* _WHAT YOU SHOULD DO_:
Scan the entries below and state how many lines contain "lowest". No other output.

* _PROVIDED INFORMATION_:

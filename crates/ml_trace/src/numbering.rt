// The numbers of the states of the trace automaton, and the letter that local traces make.
ghost use Rattle.std.specs.Prelude.{◌≡◌, ◌<◌, ◌≤◌, ◌==◌, ◌++◌, length, IfOk, OnOk};
ghost use Rattle.std.specs.List.{position_or_len, flat_map};
ghost use Rattle.std.specs.List.Sorted.{IsPermutation, IsNonDecreasingBy};
ghost use Rattle.ml_lists.specs.Ascending.{IsAscending};
ghost use Rattle.ml_trace.specs.Automaton.{number, IsState, IsLetterOf};
ghost use Rattle.ml_trace.specs.AutomatonNumbers.{state_of, HasRoom, AllHaveRoom};
ghost use Rattle.ml_trace.specs.private.LetterMoves.{move_at, rows};

use crate::letters::{AutomatonState, Letter, LocalTraces, Transition, Triple};
use ml_base::NoMemory;
use std::alloc::Global;

/// The number of a state: n * (1 + o) for the node n alone, and n * (1 + o) + j for n with the j-th of the o odd
/// priorities.
///
/// The state's odd priority, if it has one, is in `odds`, and all states of its node have numbers below 2^30.
///
/// Cost: linear in the odd priorities.
pub fn number(state: &AutomatonState, odds: &[u32]) -> u32
    requires state { IsState odds.now state.now }
    requires room { HasRoom odds.now state.now.node }
    ensures { result ≡ number odds.now state.now }
{
    let states_per_node = odds.len() + 1;
    let place = match state.odd {
        None => 0,
        Some(d) => index_of(d, odds) + 1,
    };
    (state.node as usize * states_per_node + place) as u32
}

// The index of d in the list, or its length.
fn index_of(d: u32, odds: &[u32]) -> usize
    ensures place { result ≡ position_or_len (λ e. e == d) odds.now }
    ensures within { result ≤ length odds.now }
{
    for (i, e) in odds.iter().enumerate() {
        if *e == d {
            return i;
        }
    }
    odds.len()
}

/// The state with a number: the other way round; total.
///
/// Cost: constant.
pub fn state_of(number: u32, odds: &[u32]) -> AutomatonState
    ensures { result ≡ state_of odds.now number }
{
    let states_per_node = odds.len() + 1;
    let place = number as usize % states_per_node;
    let odd = if place == 0 {
        None
    } else {
        Some(odds[place - 1])
    };
    AutomatonState {
        node: (number as usize / states_per_node) as u32,
        odd,
    }
}

/// The letter of the trace automaton that the local traces of a step make: each transition that some triple gives.
///
/// `odds` has the odd priorities, ascending; all states of the nodes of the triples have numbers below 2^30.
///
/// # Errors
/// `NoMemory` alone.
///
/// Cost: a sort of the triples by their targets, and then linear in the transitions: t * (1 + 2 * o) at most, for t
/// triples and o odd priorities.
pub fn letter_of(alloc: Global, traces: LocalTraces, odds: &[u32]) -> Result<Letter, NoMemory>
    requires ascending { IsAscending odds.now }
    requires room { AllHaveRoom odds.now traces }
    ensures { IfOk result (λ letter. IsLetterOf odds.now traces letter) }
{
    let triples = by_target(traces);
    let mut transitions = Vec::new(alloc);
    let mut done = 0;
    while done < triples.len() {
        let end = end_of_target(&triples, done);
        push_rows(&mut transitions, &triples[done..end], odds)?;
        done = end;
    }
    Ok(Letter::of(transitions))
}

// The triples, by their targets.
fn by_target(traces: LocalTraces) -> Vec<Triple>
    ensures moved { IsPermutation traces result.items }
    ensures by_target { IsNonDecreasingBy (λ t. t.to) result.items }
{
    let mut triples = traces.into_triples();
    triples.sort_unstable_by_key(|t| t.to);
    triples
}

// Where the triples with the target of the i-th one end.
fn end_of_target(triples: &[Triple], i: usize) -> usize
    requires { i < length triples.now }
    ensures behind { i < result }
    ensures within { result ≤ length triples.now }
{
    let mut end = i + 1;
    while end < triples.len() && triples[end].to == triples[i].to {
        end += 1;
    }
    end
}

// Appends the transitions that the triples give: those without a guess, and then those to each guess.
fn push_rows(
    transitions: &mut Vec<Transition>,
    triples: &[Triple],
    odds: &[u32],
) -> Result<(), NoMemory>
    requires { AllHaveRoom odds.now triples.now }
    ensures { OnOk result (transitions.new.items ≡ transitions.old.items ++ rows odds.now triples.now) }
{
    let states_per_node = odds.len() + 1;
    for triple in triples {
        transitions.push(Transition {
            from: (triple.from as usize * states_per_node) as u32,
            to: (triple.to as usize * states_per_node) as u32,
            accepting: false,
        })?;
    }
    for j in 0..odds.len() {
        push_row(transitions, triples, odds, j)?;
    }
    Ok(())
}

// Appends those to the guess of the odd priority with the index j.
fn push_row(
    transitions: &mut Vec<Transition>,
    triples: &[Triple],
    odds: &[u32],
    j: usize,
) -> Result<(), NoMemory>
    requires room { AllHaveRoom odds.now triples.now }
    requires index { j < length odds.now }
    ensures { OnOk result (transitions.new.items ≡ transitions.old.items ++ flat_map (move_at odds.now j) triples.now) }
{
    let states_per_node = odds.len() + 1;
    let odd = odds[j];
    for triple in triples {
        let from = (triple.from as usize * states_per_node) as u32;
        let to = (triple.to as usize * states_per_node + j + 1) as u32;
        transitions.push(Transition {
            from,
            to,
            accepting: false,
        })?;
        if odd <= triple.lowest {
            transitions.push(Transition {
                from: from + j as u32 + 1,
                to,
                accepting: odd == triple.lowest,
            })?;
        }
    }
    Ok(())
}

* _REPLY_:
2